Personalmente vivevo i miei anni di università, lontano dal Molise a Roma, non avevo il cellulare ma la tesca piena di gettoni telefonici, nel 76 feci la mia esperienza di volontario in Friuli nel post terremoto, anni meravigliosi che al di là delle condizioni economiche mi fanno ripensare alla mia spensierata gioventù, personalmente io, anche se non intervistato sono tra coloro che rimpiangono quegli anni e non solo.

Sarà per la nostalgia della gioventù o realtà dell’ epoca di quando Berta Filava, ma tantissimi hanno uno sguardo indulgente sul passato, scordando gli aspetti negativi e critici; e invece a non perdonare nulla al presente, mettendo in ombra gli aspetti positivi, del passato emerge ciò che avevamo, del presente ciò che ci manca.

Gli italiani si piazzano sul podio dei nostalgici scontenti, sul podio campione assoluto è la Francia, molto meglio il 1975, seguita da Turchia e Italia, con il dato prevedibile dell’età: più si è in là con gli anni, più si preferisce il 1975.

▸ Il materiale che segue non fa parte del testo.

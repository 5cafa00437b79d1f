//! The first fault of a plan.
ghost use Rattle.std.specs.Prelude.{◌≡◌, ◌++◌, IfOk, Err};
ghost use Rattle.serde_json.specs.View.{view};
ghost use Rattle.sched_plan_json.specs.PlanOf.{plan_of};
ghost use Rattle.sched_plan_check.specs.Places.{place_of};
ghost use Rattle.sched_plan_check.specs.PlanFaults.{LeadsOn};
ghost use Rattle.sched_plan_check.specs.Checked.{PlanIsChecked};

use crate::below::{first_below, refusal, step_below};
use crate::places::{Fault, Step};
use sched_plan::{Plan, PlanFault};
use sched_plan_json::{ReadFault, read_plan};
use sched_time::NoMemory;
use serde_json::Value;
use std::alloc::Global;

/// What a JSON value is as a plan.
#[derive(Drop)]
pub enum PlanChecked<'a> {
    /// It spells this plan.
    Plan(Plan),
    /// It spells none, and this is its first fault.
    Fault(Fault<'a>),
}

/// The plan that a JSON value spells, or the first fault found, which is that of `read_plan`, and the place of the
/// value that has it: of the plans in the value the first that is refused though the plans below it are read.
pub fn check_plan(alloc: Global, value: &Value) -> Result<PlanChecked<'_>, NoMemory>
    ensures { IfOk result (PlanIsChecked (view value.now)) }
{
    match read_plan(alloc, value) {
        Ok(plan) => Ok(PlanChecked::Plan(plan)),
        Err(ReadFault::Plan(PlanFault::NoMemory)) => Err(NoMemory),
        Err(fault) => {
            let found = go_on(alloc, value, fault, Vec::new(alloc))?;
            Ok(PlanChecked::Fault(found))
        }
    }
}

/// Goes on from a plan that is refused to the one that has the fault itself. `place` are the steps so far.
pub(crate) fn go_on<'a>(
    alloc: Global,
    value: &'a Value,
    fault: ReadFault,
    mut place: Vec<Step<'a>>,
) -> Result<Fault<'a>, NoMemory>
    requires { plan_of (view value.now) ≡ Err fault }
    ensures { IfOk result (λ found. LeadsOn found.fault (view value.now)
        (place_of place.entry.items) (place_of found.place.items) (view found.value.now)) }
{
    let Some(below) = first_below(alloc, value)? else {
        return Ok(Fault {
            fault,
            place,
            value,
        });
    };
    step_below(&mut place, value, below.item)?;
    go_on(alloc, below.value, below.fault, place)
}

Il 1975 è preferito anche là dove la ragione potrebbe e dovrebbe, sia pure a fatica, prevalere sul sentimento. La paura della guerra, la “sicurezza nelle strade”, cinquant’anni fa eravamo in piena guerra fredda, in Italia c’erano molti più omicidi, molte più rapine, il terrorismo faceva un morto ammazzato al giorno, andavi a scuola e all’università con serie possibilità di prenderti una randellata o un bullone in testa, nonostante tutto, meglio nascere allora.

Nel 1975 erano molto più felici i francesi, i turchi e gli italiani, all’ultimo posto, in tutti i parametri c’è la Corea del Sud, seguita da Cile e Argentina, cileni e argentini che, ancora oggi, non hanno dimenticato come si viveva da loro nel 1975: dittatura, violenza, paura, assenza di libertà, economia depressa, quart’ultima è la Polonia, che evidentemente non prova nostalgia ,almeno non ancora, per il socialismo reale e l’ombrellone sovietico.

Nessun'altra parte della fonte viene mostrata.